En los casi dos kilómetros cuadrados del centro de Londres que componen la City viven menos de 9.000 personas, pero cada día entran a trabajar más de 350.000, en su inmensa mayoría, en el sector financiero. La City es, por volumen de transacciones, el mayor centro financiero del mundo, y en ella tienen su sede los bancos y aseguradoras más importantes del globo. Pero… ¿por qué se concentran todos en un espacio tan reducido?
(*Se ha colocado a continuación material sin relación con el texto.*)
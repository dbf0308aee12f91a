//! The state of a managed pool on one thread, and its steps.
//!
//! A pool is asked for one step at a time, by a get or an object (`desk`) or by its owner (`owner_desk`). `state` has
//! `Core`, which is a desk to both. Nothing here asks a manager or a hook; a retain asks its retainer (`retain`,
//! `review`).
#![tactic(auto)]

mod counts;
mod desk;
pub mod laws;
mod object_id;
mod owner_desk;
mod owner_step;
mod retain;
mod review;
mod slot;
mod state;
mod step;

pub use counts::Counts;
pub use deadpool_gate::gate;
pub use deadpool_parts::Status;
pub use deadpool_parts::config::QueueMode;
pub use desk::Desk;
pub use object_id::ObjectId;
pub use owner_desk::OwnerDesk;
pub use owner_step::{OwnerReply, OwnerStep};
pub use retain::{Removal, Removals, RetainResult, Retainer};
pub use slot::Slot;
pub use state::Core;
pub use step::{Held, Reply, Step};
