//! What holds of each step of a pool, whatever its state. The functions here do nothing: each states a law.
ghost use Rattle.deadpool_desk.specs.Closing.{EachStep, EachOwnerStep, EachRetain, ShrinksIfClosed, StaysDrained};
ghost use Rattle.deadpool_desk.specs.Closing.{Drains, LetsGo, LetsIdleGo, ShowsWhatIsLeft};
ghost use Rattle.deadpool_desk.specs.DeskState.{DeskState};
ghost use Rattle.deadpool_desk.specs.Rooms.{NobodyIsRefused, OwnerStepsKeepRoom, RetainsKeepRoom, StepsKeepRoom};
ghost use Rattle.deadpool_desk.specs.declared.slot.Slot.{Slot};

use crate::Retainer;

/// A closed pool stays closed. Its reach never grows, nor do its objects with the gets that hold a place or have a
/// creation under way.
pub fn closed_pool_only_shrinks<T>()
    ensures step { EachStep {O = Slot T} (λ _ _. ShrinksIfClosed) }
    ensures owner_step { EachOwnerStep {O = Slot T} (λ _ _. ShrinksIfClosed) }
{}

/// The same of a retain, whatever it is told.
pub fn retain_of_closed_pool_only_shrinks<T, R: Retainer<T>>()
    ensures { EachRetain R.Retainer ShrinksIfClosed }
{}

/// A pool that is drained stays so: no step, no step of the owner and no retain brings anything into it again.
pub fn drained_pool_stays_empty<T, R: Retainer<T>>()
    ensures step { EachStep {O = Slot T} (λ _ _. StaysDrained) }
    ensures owner_step { EachOwnerStep {O = Slot T} (λ _ _. StaysDrained) }
    ensures retain { EachRetain R.Retainer StaysDrained }
{}

/// The step that drains a pool is one that lets go: of an object that comes back, is refused, is taken or is given
/// back, of a creation or of a place. Of the owner's steps it is a close or the drop of a handle.
pub fn pool_drains_by_letting_go<T>()
    ensures step { EachStep {O = Slot T} (λ step reply d d'. Drains d d' → LetsGo step reply) }
    ensures owner_step { EachOwnerStep {O = Slot T} (λ step _ d d'. Drains d d' → LetsIdleGo step) }
{}

/// The status of a closed pool shows whether something is left in it: once it is drained no object is counted, and
/// until then one is, or a get that asks.
pub fn status_shows_what_is_left<T>()
    ensures { (d : DeskState (Slot T)) → ShowsWhatIsLeft d }
{}

/// A queue that has room for all gets that may wait keeps it with each step, with each retain, and with each step of
/// the owner but a resize above the greatest limit so far. As long as it has it no get is refused for want of memory.
pub fn room_for_waiting_stays<T, R: Retainer<T>>()
    ensures step { StepsKeepRoom T }
    ensures owner_step { OwnerStepsKeepRoom T }
    ensures retain { RetainsKeepRoom R.Retainer }
    ensures nobody { NobodyIsRefused T }
{}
La historia de la Square Mile, de la City, está ligada a la historia de Inglaterra y de Londres. De hecho, en su misma existencia es donde encontramos el origen más remoto y antiguo de la capital británica. Como el resto de ciudades, durante la Edad Media la expansión demográfica implicó la superación de los antiguos límites geográficos, de las antiguas murallas, y Londres fue creciendo y olvidándose de su ancestral origen. Sin embargo, esa pequeña milla cuadrada supo conservar un status jurídico diferenciado del resto de la ciudad que había ayudado a expandir. Desde el medievo, los comerciantes y burgueses más adinerados se atrincheraron en la City para alejarse del poder arbitrario del Rey y asegurar así sus recursos, arrebatando una pequeña parcela de autonomía jurídica y política. Y lo consiguieron gracias al propio devenir de la Monarquía inglesa, cuyas debilidades puntuales a lo largo de la Historia eran aprovechadas por los poderes intermedios para consagrar límites a su actuación. El Parlamento inglés, origen de nuestras democracias liberales, fue el gran triunfo de este proceso de limitación del poder real y de la creación de las primeras bases de un sistema democrático parlamentario. Pero a su lado siempre convivió, aunque fuera en el olvido de los grandes hechos y epopeyas de la Historia, la pequeña y adinerada City, conservando sus privilegios medievales en torno a un autogobierno donde, ni el Rey primero, ni el Parlamento después, podían interferir.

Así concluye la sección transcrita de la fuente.